- Born: Alexander Gurevich February 7, 1944 (age 82) Alapaevsk, Ural
- Education: High Art College
- Occupation: Painter
- Website: gurevichart.com

= Alexander Gurevich =

Israeli artist

Alexander Gurevich (Александр Гуревич, 'אלכסנדר גורביץ; born February 7, 1944) is an Israeli painter and graphic artist. He was born in Alapaevsk, Ural (former Soviet Union) where his family stayed during World War II. Gurevich's parents divorced when he was young; he and his mother returned to her hometown Leningrad when he was 18 months old. He was raised by his grandparents from mother's side. After finishing high school, he attended the then Leningrad Electrotechnical Institute (LETI) (now Saint Petersburg State Electrotechnical University) during 1961-1967, majoring in electronic engineering. Upon graduation Gurevich worked as an engineer for 5 years. In 1971 Gurevich enlisted into High Art College, named Muhina (now Saint Petersburg Art and Industry Academy), from which he graduated 3.5 years later; after earning a degree in Industrial Design. He worked as a decorator for 15 following years, at the same time pursuing his unofficial creative career as an artist.

==Work in the Soviet Union==
In the 70s Gurevich took part in various exhibitions of unofficial art, as a member of so-called Fellowship of Experimental Art. In 1975 he became a member of Alef group (a group of Jewish artists, founded by Eugene Abeshaus in Leningrad.) Their landmark exhibition, which included the artists Alexander Manusov, Anatoli Basin and Alexander Okun, was viewed by four thousand people in its first week alone. Membership to the Aleph group was dangerous politically, and by 1977 the group disbanded. In 1989 he participated in the Art Festival "Creativity under Duress" in Louisville, Kentucky, USA.

==Work in Israel==
In 1993 Gurevich together with his family emigrated to Israel. He has been living and working in Jerusalem since then. In 1994 he became a member of the Artists House (Beit Amanim) in Jerusalem. In 2008 an album about his life and art was published by Ruvim Braude in San Francisco, California, USA ("Alexander Gurevich"); with articles by B. Bernstein and N. Blagodatov.

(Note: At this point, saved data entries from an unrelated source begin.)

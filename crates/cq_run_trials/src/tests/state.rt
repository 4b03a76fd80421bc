//! Shows what no clause says: that memory is enough for whole states, and what a worked one says.
use cq_lines::LineRefusal;
use cq_state::{State, read_text, text_of};
use cq_trial_kit::STATE;
use std::alloc::Global;

// A text, how many bytes are missing at its end, and its first wrong line.
type Row = (&'static str, usize, Option<u64>);

const TEXTS: &[Row] = &[
    (STATE, 0, None),
    (STATE, 4, Some(13)),
    (STATE, 1, Some(13)),
    ("", 0, Some(1)),
    ("cq-state 2\n", 0, Some(1)),
    ("cq-state 1\nnext 01\n", 0, Some(2)),
    ("cq-state 1\nnext 9223372036854775808\n", 0, Some(2)),
    ("cq-state 1\nnext 9223372036854775807\n", 0, Some(3)),
    (
        "cq-state 1\nnext 1\nshape 1 1 0 0\nsum 0 0\ninput 0 0 -\ninput 1 0 -\n",
        0,
        Some(6),
    ),
];

// Whether a text is refused at this line, or read where none is wrong.
fn is_refused_at(alloc: Global, text: &[u8], line: Option<u64>) -> bool {
    match read_text(alloc, text) {
        Ok(_) => line.is_none(),
        Err(LineRefusal::Line { line: at }) => line == Some(at),
        Err(LineRefusal::NoMemory) => false,
    }
}

// Whether it is, where so many bytes are missing at its end.
fn is_refused_without(alloc: Global, row: &Row) -> bool {
    let (text, missing, line) = *row;
    let text = text.as_bytes();
    match text.get(..text.len().saturating_sub(missing)) {
        Some(text) => is_refused_at(alloc, text, line),
        None => false,
    }
}

#[test]
fn wrong_texts_are_refused_at_their_first_wrong_line(rt: HostRuntime) {
    for row in TEXTS {
        assert!(rt; is_refused_without(rt.alloc(), row));
    }
}

// Whether a state tells of one cell in a buffer, and of a transfer in the second phase.
fn is_told(state: &State) -> bool {
    let buffered = state.buffered.as_slice();
    let moved = state.moved.as_slice().get(1);
    let told = (
        state.head.next,
        buffered.len(),
        buffered.get(0).map(|named| named.input),
        moved.map(|transfer| transfer.phase),
    );
    told == (1, 1, Some(1), Some(2))
}

// Whether a state is written as the text.
fn is_written(alloc: Global, state: &State) -> bool {
    match text_of(alloc, state) {
        Ok(text) => text.as_slice() == STATE.as_bytes(),
        Err(_) => false,
    }
}

// Whether the state is read, and is written again as it was.
fn is_written_again(alloc: Global) -> bool {
    match read_text(alloc, STATE.as_bytes()) {
        Ok(state) => is_told(&state) && is_written(alloc, &state),
        Err(_) => false,
    }
}

#[test]
fn a_state_is_read_and_written_again(rt: HostRuntime) {
    assert!(rt; is_written_again(rt.alloc()));
}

Gurevich has had one-man exhibitions in galleries in the United States, Russia, Germany and Israel.

== Works in museums ==
- The Russian Museum
- Magnes Collection of Jewish Art and Life
- Oberhessisches_Museum, Gissen, Germany
- Osaka Contemporary Art Center
- Museum-non-conformist-art, St.Petersburg
- Museum of Art Saint Petersburg XX-XXI c.(МИСП), Russia
- Museum The Museum Of Russian Art, Minneapolis, USA

== Exhibitions ==
- 1995, Jerusalem-Artists House
- 1995, Gallery Kunstzaum Am Hallhof, Memingen, Germany
- 1996, Gallery “Serebryany vek”, S. Petersburg, Russia
- 1998, Gallery “Anna”, S. Petersburg
- 1999, Gallery “Sara Kishon”, Tel Aviv
- 1999, Oberhessisches Museum, Gissen, Germany
- 2000, Gallery “Art Dome”, San Francisco, USA
- 2002, Gallery “Kunst +” Wetzlar, Germany
- 2008, Teatron Ierushalaim, Jerusalem
- 2009, Gallery Karandagi, Tel Aviv
- 2011, Gallery “Art Dome”, San Francisco, USA
- 2012, Gallery "Beit Naima", Jerusalem
- 2015, Gallery “Colorida”, Lisbon, Portugal.